▸ **INSTRUCTIONS FOR THE TASK**
Everything from the line containing "self.put_all(&[b]);" through the line containing "self.put(digit(n / 4096, upper));" should be repeated exactly, and nothing else from the data.

----

// Texts built in a buffer: there is no heap.
use json_text::Decoded;
use normal_forms::write_bytes;

// The first bytes of a buffer. What does not fit is left out.
#[derive(Clone, Copy)]
pub struct Text {
    space: [u8; 1024],
    len: usize,
}

const DIGITS: [u8; 16] = *b"0123456789abcdef";

// The last hexadecimal digit of n; letters in lower case, or in upper.
fn digit(n: u16, upper: bool) -> u8 {
    let lower = DIGITS[usize::from(n % 16)];
    if upper {
        return lower.to_ascii_uppercase();
    }
    lower
}

impl Text {
    pub fn new() -> Text {
        Text {
            space: [0u8; 1024],
            len: 0,
        }
    }

    pub fn put_all(&mut self, bytes: &[u8]) {
        self.len = write_bytes(bytes, &mut self.space, self.len);
    }

    // One byte more.
    pub fn put(&mut self, b: u8) {
        self.put_all(&[b]);
    }

    // The bytes, n times.
    pub fn put_times(&mut self, bytes: &[u8], n: usize) {
        for _ in 0..n {
            self.put_all(bytes);
        }
    }

    // `\u` and the four digits of n.
    pub fn put_escape(&mut self, n: u16, upper: bool) {
        self.put_all(b"\\u");
        self.put(digit(n / 4096, upper));
        self.put(digit(n / 256, upper));
        self.put(digit(n / 16, upper));
        self.put(digit(n, upper));
    }

    pub fn bytes(&self) -> &[u8] {
        ascii::prefix(&self.space, self.len)
    }

    pub fn is_readable(&self) -> bool {
        json_values::is_readable(self.bytes())
    }

    // The text is one string, which decodes to this content, and is held if that has at most 512 bytes.
    pub fn decodes_to(&self, content: &Text) -> bool {
        if !self.is_readable() {
            return false;
        }
        let mut decoded = Decoded::new();
        let Some(_) = decoded.decode_string(self.bytes(), 0) else {
            return false;
        };
        match decoded.held() {
            Some(bytes) => ascii::equal(bytes, content.bytes()),
            None => content.len > 512,
        }
    }
}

----

▸ **SOLUTION TO THE EXERCISE**
        self.put_all(&[b]);
    }

    // The bytes, n times.
    pub fn put_times(&mut self, bytes: &[u8], n: usize) {
        for _ in 0..n {
            self.put_all(bytes);
        }
    }

    // `\u` and the four digits of n.
    pub fn put_escape(&mut self, n: u16, upper: bool) {
        self.put_all(b"\\u");
        self.put(digit(n / 4096, upper));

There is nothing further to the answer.